# To do
What is the number of lines in the entries below that include the word "start"? Provide the number only.

Excerpts from a dataset:
··········
// The session writer: a session from a card, a title, records laid end to end and their count.
#![tactic(auto)]

ghost use Rattle.std.specs.Prelude.{◌≡◌};
ghost use Rattle.model.specs.Writer.{parts, records_refusal, parts_refusal, write_session};
ghost use Rattle.record.specs.RefusalNumber.{outcome_number};
ghost use Rattle.writer.specs.Writing.{written_of};

use access::rights::is_fuse_byte;
use record::decoder::measure;
use record::refusal::Refusal;
use sizes::{CARD, FUSES, GREATEST_SESSION, LEAST_SESSION, MOST_RECORDS, MOST_TITLE, TRAILER};
use slices::copy;
use staging::staging_fits;
use trailer::put;

// Records laid end to end: count of them, and nothing behind the last.
pub fn records_refusal(records: &[u8], count: usize) -> Result<(), Refusal>
    ensures { outcome_number result ≡ records_refusal count records.now }
{
    let mut rest = records;
    for _ in 0..count {
        let lengths = measure(rest)?;
        rest = &rest[lengths.record..];
    }
    if !rest.is_empty() {
        return Err(Refusal::BytesLeft);
    }
    Ok(())
}

// All that is refused but for want of space: 11, 1, 4, 5, 16, 15, the records in turn, 9.
// The four parts stay apart, as the C interface passes them: a struct for two functions is no plainer.
#[tactic(auto, unfolding(model::specs::Writer::parts_refusal), using(laws::specs::WriterLaws::session_length_lem))]
pub fn parts_refusal(card: &[u8], title: &[u8], records: &[u8], count: usize) -> Result<(), Refusal>
    ensures { outcome_number result ≡ parts_refusal (parts card.now title.now records.now count) }
{
    if card.len() != CARD {
        return Err(Refusal::CardLength);
    }
    let room = GREATEST_SESSION - LEAST_SESSION;
    if room < title.len().saturating_add(records.len()) {
        return Err(Refusal::SessionLength);
    }
    if MOST_RECORDS < count {
        return Err(Refusal::TooManyRecords);
    }
    if !is_fuse_byte(card[FUSES]) {
        return Err(Refusal::FuseByte);
    }
    if !staging_fits(card, 0) {
        return Err(Refusal::StagingBytes);
    }
    if MOST_TITLE < title.len() {
        return Err(Refusal::TitleLength);
    }
    records_refusal(records, count)
}

// The session at the front of a space, and its length. A refusal changes nothing.
pub fn write_session(
    card: &[u8],
    title: &[u8],
    records: &[u8],
    count: usize,
    session: &mut [u8],
) -> Result<usize, Refusal>
    ensures { written_of result session.new
        ≡ write_session (parts card.now title.now records.now count) session.old }
{
    parts_refusal(card, title, records, count)?;
    let start = CARD + title.len();
    let end = start + records.len();
    let size = end + TRAILER;
    if session.len() < size {
        return Err(Refusal::NoSpace);
    }
    copy(session, 0, card, 0, CARD);
    copy(session, CARD, title, 0, title.len());
    copy(session, start, records, 0, records.len());
    put(session, end, start, count, 83, 69);
    Ok(size)
}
··········
# Result of this task
4